You should be fine if you have a mtn bike. The larger question is what quality the studded tires are. I recommend spending a bit extra and giving yourself some security and longevity (with carbide tips).



sekaijin said:


> Hi, this is a newbie MTB question here in the road biking forum. Sorry!
> 
> I am shopping (hopefully for an eBay bargain) for a pair of studded tires to put on my junky aluminum MTB for winter commuting.
> 
> ...


----------



## sekaijin (Aug 22, 2006)

Thanksd for the advice, FS. 

Are you saying the current inner tubes, under the current 26 x 1.95 tires, would be OK under wider tires, like up to 26 x 2.125?


----------



## QuiQuaeQuod (Jan 24, 2003)

sekaijin said:


> Thanksd for the advice, FS.
> 
> Are you saying the current inner tubes, under the current 26 x 1.95 tires, would be OK under wider tires, like up to 26 x 2.125?


They'll be fine.

1.95 is about as small as mtb tires get. 2.1ish is no problem. 2.3, 2.5, those might get a bit fat for your rims. That can cause problems if the rims are very narrow racy type rims. 

Inner tubes will expand to fit the space. No worries.

For studded tires, keep in mind that better is worth it. The tires will last if you buy quality, and you won't be using them except when conditions warrant (no dry pavement, minimal pavement at any time). You CAN make your own, but don't. Get carbide for sure, and Nokian is a well known reliable brand.

Also keep in mind that studs are really only needed for ice. Personally, I just use some fat tires, low pressure, and widely spaced lugs for snow. When there is ice, I don't ride.

Good luck, and you can always check out MTBR, there are plenty of posts there and if you just search on studded you should find answers to many of your questions without having to post the question.


----------



## Run1stBike2nd (Oct 28, 2005)

Ditto. You should be good to go. That info should be stamped somewhere on the tube itself. I just looked @ one of my spares for my MTB, and the stamp reads: 26x1.75/2.125.


----------



## sekaijin (Aug 22, 2006)

dr hoo said:


> ... you won't be using them except when conditions warrant (no dry pavement, minimal pavement at any time).... Also keep in mind that studs are really only needed for ice. Personally, I just use some fat tires, low pressure, and widely spaced lugs for snow. When there is ice, I don't ride.


Hmm - don't ride studs on dry pavement ever? Now you've got me wondering if studded tires are even appropriate for my commuting needs.

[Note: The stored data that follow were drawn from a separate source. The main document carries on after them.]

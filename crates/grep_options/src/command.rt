//! What the arguments of the command line ask for.
use crate::error::OptionsError;
use crate::flags::{with_flags, words_argument};
use crate::given::{push_file_rules, push_folder_rules, push_texts};
use crate::options::{BinaryFiles, Bounds, Context, Devices, Folders, Options, Report, When};
use crate::rules::Rule;
use crate::syntax::Syntax;
use clap::{ArgMatches, Error};
use std::alloc::{AllocError, Global};

/// What `--version` prints after the name of the program.
const VERSION: &str = "0.1.0";

/// How the program is called.
const USAGE: &str = "nfa_grep [OPTIONS] [-e PATTERN].. [-f FILE].. [PATTERN] [FILE]..";

/// What the help says below the options.
const AFTER: &str = "\
Without -e and -f, the first argument is the pattern. Without a file, or for the file -, standard input is searched.
A line is of any bytes. It ends at a line feed, and a carriage return before the line feed belongs to the end. So it is
in the file of -f. Text is UTF-8; with -w, a byte that is not UTF-8 belongs to no word.
A file that is the output, too, is not searched, and neither is one whose name is not UTF-8: the status is 2 then.
Of a file that is not text, which has a byte 0 in what is read first, no lines are printed without -a.
The beginning of a long option will do, if no other one begins with it.
Colours are those of GREP_COLORS, as in grep. Without it, they are ms=01;31:mc=01;31:sl=:cx=:fn=35:ln=32:bn=32:se=36.

In a glob, ? is any character, * any text, slashes too, and [a-z] one of these characters, or [!a-z] any other one.
A backslash takes the meaning of the next character. A glob has to match a whole name: in a folder, the name there;
as an argument, the argument, or what comes after a slash in it. The last of --include and --exclude that matches
decides. If none does, the file is searched unless the first one is --include. Hidden folders are searched, too, and
what .gitignore names, unless --ignore-files is given. It passes over .git, and what git would by the .gitignore files
in the folders that are searched, from the named one down: not by those above it, and not by a line with [[:alpha:]] or
of more than 4096 bytes.

Status: 0 if a line was selected, 1 if none was, 2 after an error.";

/// What is searched for, where, and what is printed.
#[derive(Drop)]
pub struct Arguments<'w> {
    pub options: Options<'w>,
    /// What is printed of each file.
    pub report: Report,
    /// The search of a file ends after this many selected lines.
    pub limit: u64,
    /// Which lines around a selected one are printed.
    pub context: Context<'w, 'w>,
    /// When colours are printed, of which the options do not know yet.
    pub coloured: When,
    /// The syntax that the patterns are said to have.
    pub syntax: Syntax,
    pub binary: BinaryFiles,
    pub folders: Folders,
    pub devices: Devices,
    /// Links in folders are followed.
    pub links: bool,
    /// What `.gitignore` files in folders name is passed over.
    pub ignoring: bool,
    /// The name of standard input, as it is printed.
    pub label: &'w str,
    /// The names of inputs are not printed.
    pub unnamed: bool,
    /// Files that cannot be read are not named.
    pub silent: bool,
    /// A terminal shows how many files were searched.
    pub progress: bool,
    /// Each line is written at once.
    pub line_buffered: bool,
    /// The patterns, one on each line of these.
    pub patterns: Vec<&'w str>,
    /// The files with more patterns, one on each line.
    pub pattern_files: Vec<&'w str>,
    pub files: Vec<&'w str>,
    /// Which files are left out, and which folders.
    pub file_rules: Vec<Rule<'w>>,
    pub folder_rules: Vec<Rule<'w>>,
    /// The other values of options, which have to be text.
    pub texts: Vec<&'w str>,
}

impl<'w> Arguments<'w> {
    /// Returns whether folders are searched, with all in them.
    pub fn recurses(&self) -> bool {
        self.folders == Folders::Recurse
    }
}

/// What the arguments ask for.
#[derive(Drop)]
pub enum Command<'w> {
    /// Search.
    Search(Arguments<'w>),
    /// Print this, which is the help or says what is wrong with the arguments.
    Say(Error),
}

/// Reads the split arguments, the first of which is the name of the program. Fails if the value of `-m` is not a
/// number, or if allocation failed.
pub fn parse<'w>(alloc: Global, words: &'w [&'w str]) -> Result<Command<'w>, OptionsError> {
    match matches_of(alloc, words)? {
        Ok(matches) => search_of(alloc, &matches),
        Err(error) => Ok(Command::Say(error)),
    }
}

/// Returns what `clap` makes of the arguments: the values of options, or what is printed in place of a search.
fn matches_of<'w>(
    alloc: Global,
    words: &'w [&'w str],
) -> Result<Result<ArgMatches<'w>, Error>, AllocError> {
    let command = whole_command(alloc)?;
    Ok(command.try_get_matches_from(words))
}

/// Returns the command with its options and arguments.
fn whole_command<'w>(alloc: Global) -> Result<clap::Command<'w>, AllocError> {
    // What may fail comes first, while there is no command to let go.
    let others = words_argument(alloc)?;
    with_flags(alloc, without_options(alloc).arg(others)?)
}

/// Returns the search that these values of options ask for.
fn search_of<'w>(alloc: Global, matches: &ArgMatches<'w>) -> Result<Command<'w>, OptionsError> {
    Ok(Command::Search(read_matches(alloc, matches)?))
}

/// Returns the command, without its options and arguments.
fn without_options<'w>(alloc: Global) -> clap::Command<'w> {
    clap::Command::new(alloc, "nfa_grep")
        .about("Prints the lines in which a pattern matches.")
        .version(VERSION)
        .override_usage(USAGE)
        .after_help(AFTER)
        // -h has a meaning of its own.
        .disable_help_flag(true)
        // An option may be given several times.
        .args_override_self(true)
        // The beginning of a long option that no other one has will do.
        .infer_long_args(true)
}

fn read_matches<'w>(
    alloc: Global,
    matches: &ArgMatches<'w>,
) -> Result<Arguments<'w>, OptionsError> {
    let limit = limit_of(matches.get_str("max-count"))?;
    let context = context_of(matches)?;
    let mut arguments = without_lists(alloc, matches, limit, context);
    fill_rules(alloc, matches, &mut arguments)?;
    fill_words(matches, &mut arguments)?;
    arguments.options = options_of(matches, arguments.files.len() > 1);
    Ok(arguments)
}

/// Returns the arguments, without those of which there may be several.
fn without_lists<'w>(
    alloc: Global,
    matches: &ArgMatches<'w>,
    limit: u64,
    context: Context<'w, 'w>,
) -> Arguments<'w> {
    Arguments {
        options: options_of(matches, false),
        report: report_of(matches),
        limit,
        context,
        coloured: when_of(matches.get_str("color")),
        syntax: syntax_of(matches),
        binary: binary_of(matches),
        folders: folders_of(matches),
        devices: devices_of(matches),
        links: matches.get_flag("dereference-recursive"),
        ignoring: matches.get_flag("ignore-files"),
        label: matches.get_str("label").unwrap_or("(standard input)"),
        unnamed: matches.get_flag("no-filename"),
        silent: matches.get_flag("no-messages"),
        progress: matches.get_flag("progress"),
        line_buffered: matches.get_flag("line-buffered"),
        patterns: Vec::new(alloc),
        pattern_files: Vec::new(alloc),
        files: Vec::new(alloc),
        file_rules: Vec::new(alloc),
        folder_rules: Vec::new(alloc),
        texts: Vec::new(alloc),
    }
}

/// Reads the globs, and the other values that have to be text. Fails if a glob has a class.
fn fill_rules<'w>(
    alloc: Global,
    matches: &ArgMatches<'w>,
    arguments: &mut Arguments<'w>,
) -> Result<(), OptionsError> {
    push_file_rules(alloc, matches, &mut arguments.file_rules)?;
    push_folder_rules(alloc, matches, &mut arguments.folder_rules)?;
    push_texts(matches, &mut arguments.texts)?;
    Ok(())
}

/// Reads the patterns, and the names of files. Without `-e` and `-f`, the first argument is the pattern.
fn fill_words<'w>(
    matches: &ArgMatches<'w>,
    arguments: &mut Arguments<'w>,
) -> Result<(), AllocError> {
    push_strs(matches, "regexp", &mut arguments.patterns)?;
    push_strs(matches, "file", &mut arguments.pattern_files)?;
    push_strs(matches, "words", &mut arguments.files)?;
    if arguments.patterns.is_empty() && arguments.pattern_files.is_empty() {
        move_first(&mut arguments.files, &mut arguments.patterns)?;
    }
    Ok(())
}

/// Moves the first word, if there is one, to the others.
fn move_first<'w>(words: &mut Vec<&'w str>, others: &mut Vec<&'w str>) -> Result<(), AllocError> {
    if !words.is_empty() {
        others.push(words.remove(0))?;
    }
    Ok(())
}

/// Appends the values of the option of this name.
fn push_strs<'w>(
    matches: &ArgMatches<'w>,
    name: &str,
    values: &mut Vec<&'w str>,
) -> Result<(), AllocError> {
    if let Some(given) = matches.get_strs(name) {
        values.extend_from_slice(given)?;
    }
    Ok(())
}

fn options_of<'w>(matches: &ArgMatches<'w>, several: bool) -> Options<'w> {
    let with = matches.get_flag("with-filename");
    let without = matches.get_flag("no-filename");
    Options {
        fixed: matches.get_flag("fixed-strings"),
        ignore_case: matches.get_flag("ignore-case"),
        bounds: bounds_of(matches),
        end: if matches.get_flag("null-data") {
            0
        } else {
            b'\n'
        },
        inverted: matches.get_flag("invert-match"),
        only: matches.get_flag("only-matching"),
        named: with || several && !without,
        zero_names: matches.get_flag("null"),
        which: matches.get_flag("which"),
        numbers: matches.get_flag("line-number"),
        offsets: matches.get_flag("byte-offset"),
        tabbed: matches.get_flag("initial-tab"),
        // It depends on the input.
        width: 0,
        colours: None,
    }
}

/// Returns when colours are printed with this value of `--color`: never without the option.
fn when_of(value: Option<&str>) -> When {
    match value {
        Some("always") => When::Always,
        Some("auto") => When::Auto,
        _ => When::Never,
    }
}

/// Returns what bounds a match. A whole line goes before a word.
fn bounds_of(matches: &ArgMatches<'_>) -> Bounds {
    if matches.get_flag("line-regexp") {
        Bounds::Line
    } else if matches.get_flag("word-regexp") {
        Bounds::Words
    } else {
        Bounds::Anywhere
    }
}

/// Returns what is printed of each file. Nothing goes before names, and these before a count.
fn report_of(matches: &ArgMatches<'_>) -> Report {
    if matches.get_flag("quiet") {
        Report::Nothing
    } else if matches.get_flag("files-with-matches") {
        Report::With
    } else if matches.get_flag("files-without-match") {
        Report::Without
    } else if matches.get_flag("count") {
        Report::Count
    } else {
        Report::Lines
    }
}

/// Returns the limit that this value of `-m` gives. There is none without a value, for a negative number, and for one
/// that is too large for a `u64`.
fn limit_of(value: Option<&str>) -> Result<u64, OptionsError> {
    let Some(value) = value else {
        return Ok(u64::MAX);
    };
    match number_of(value) {
        Some((limit, false)) => Ok(limit),
        Some((_, true)) => Ok(u64::MAX),
        None => Err(OptionsError::Limit),
    }
}

/// Returns the number, at most `u64::MAX`, and whether it has a minus. There is none if the text is not a number.
fn number_of(text: &str) -> Option<(u64, bool)> {
    let (digits, negative) = match text.strip_prefix('-') {
        Some(digits) => (digits, true),
        None => (text.strip_prefix('+').unwrap_or(text), false),
    };
    if digits.is_empty() || !digits.bytes().all(|byte| byte.is_ascii_digit()) {
        return None;
    }
    Some((digits.parse::<u64>().unwrap_or(u64::MAX), negative))
}

/// Returns which lines around a selected one are printed. `-A` and `-B` go before `-C`.
fn context_of<'w>(matches: &ArgMatches<'w>) -> Result<Context<'w, 'w>, OptionsError> {
    let around = count_of(matches.get_str("context"))?;
    let before = count_of(matches.get_str("before-context"))?.or(around);
    let after = count_of(matches.get_str("after-context"))?.or(around);
    Ok(Context {
        before: before.unwrap_or(0) as usize,
        after: after.unwrap_or(0),
        separated: (before.is_some() || after.is_some()) && !matches.get_flag("no-group-separator"),
        colours: None,
        separator: matches
            .get_str("group-separator")
            .unwrap_or("--")
            .as_bytes(),
    })
}

/// Returns the number of lines that this value gives.
fn count_of(value: Option<&str>) -> Result<Option<u64>, OptionsError> {
    let Some(value) = value else {
        return Ok(None);
    };
    match number_of(value) {
        Some((count, false)) => Ok(Some(count)),
        _ => Err(OptionsError::Context),
    }
}

/// Returns the syntax that the patterns are said to have.
fn syntax_of(matches: &ArgMatches<'_>) -> Syntax {
    if matches.get_flag("basic-regexp") {
        Syntax::Basic
    } else if matches.get_flag("perl-regexp") {
        Syntax::Perl
    } else {
        Syntax::Own
    }
}

/// Returns what is done with files that are not text.
fn binary_of(matches: &ArgMatches<'_>) -> BinaryFiles {
    if matches.get_flag("text") {
        return BinaryFiles::Text;
    }
    if matches.get_flag("no-binary") {
        return BinaryFiles::WithoutMatch;
    }
    match matches.get_str("binary-files") {
        Some("text") => BinaryFiles::Text,
        Some("without-match") => BinaryFiles::WithoutMatch,
        _ => BinaryFiles::Message,
    }
}

/// Returns what is done with folders.
fn folders_of(matches: &ArgMatches<'_>) -> Folders {
    if matches.get_flag("recursive") || matches.get_flag("dereference-recursive") {
        return Folders::Recurse;
    }
    match matches.get_str("directories") {
        Some("recurse") => Folders::Recurse,
        Some("skip") => Folders::Skip,
        _ => Folders::Read,
    }
}

/// Returns which devices are searched. Without an option `-R` searches all.
fn devices_of(matches: &ArgMatches<'_>) -> Devices {
    match matches.get_str("devices") {
        Some("read") => Devices::Read,
        Some("skip") => Devices::Skip,
        _ if matches.get_flag("dereference-recursive") => Devices::Read,
        _ => Devices::Named,
    }
}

Should I forget about studs, just let out some air pressure and stick with one of my regular mtb tire sets? I have the 1.95 knobbies and some Bontrager Comfort 1.5 or 1.75 semi-slicks. (I also have the option of riding a steel rigid-frame mtb or the aluminum full suspension clunker - I figured the aluminum bike would make more sense given the road salt.) 

My ride to work is 6 miles, but only a mile or so of that is dirt path. The rest is on a paved bike trail and in street traffic.

My goal is to be able to bike to work in a wider range of winter road conditions, like the current ones. Even when it doesn't seem icy out, it's dry in most places but with slush or snowpack in others, and I'm worried about being ambushed by a hidden patch of black ice somewhere. So I haven't biked to work in 3-4 weeks, and it's making me stir crazy!


----------



## QuiQuaeQuod (Jan 24, 2003)

sekaijin said:


> Hmm - don't ride studs on dry pavement ever? Now you've got me wondering if studded tires are even appropriate for my commuting needs.


Oh you can, it is just that it will wear the studs fast, and the tires can get chewed. And nokians are not cheap. I don't know how fast they would wear for you, with that many miles. Here are some reviews:

http://www.peterwhitecycles.com/studdedtires.asp

Basically, you are talking 100-200 bucks for a pair. If that is not a problem, get some and ride. You should get at least a couple of winters out of them and probably more... assuming you swap them out when the weather turns. It's not that much for peace of mind and worry free riding.


----------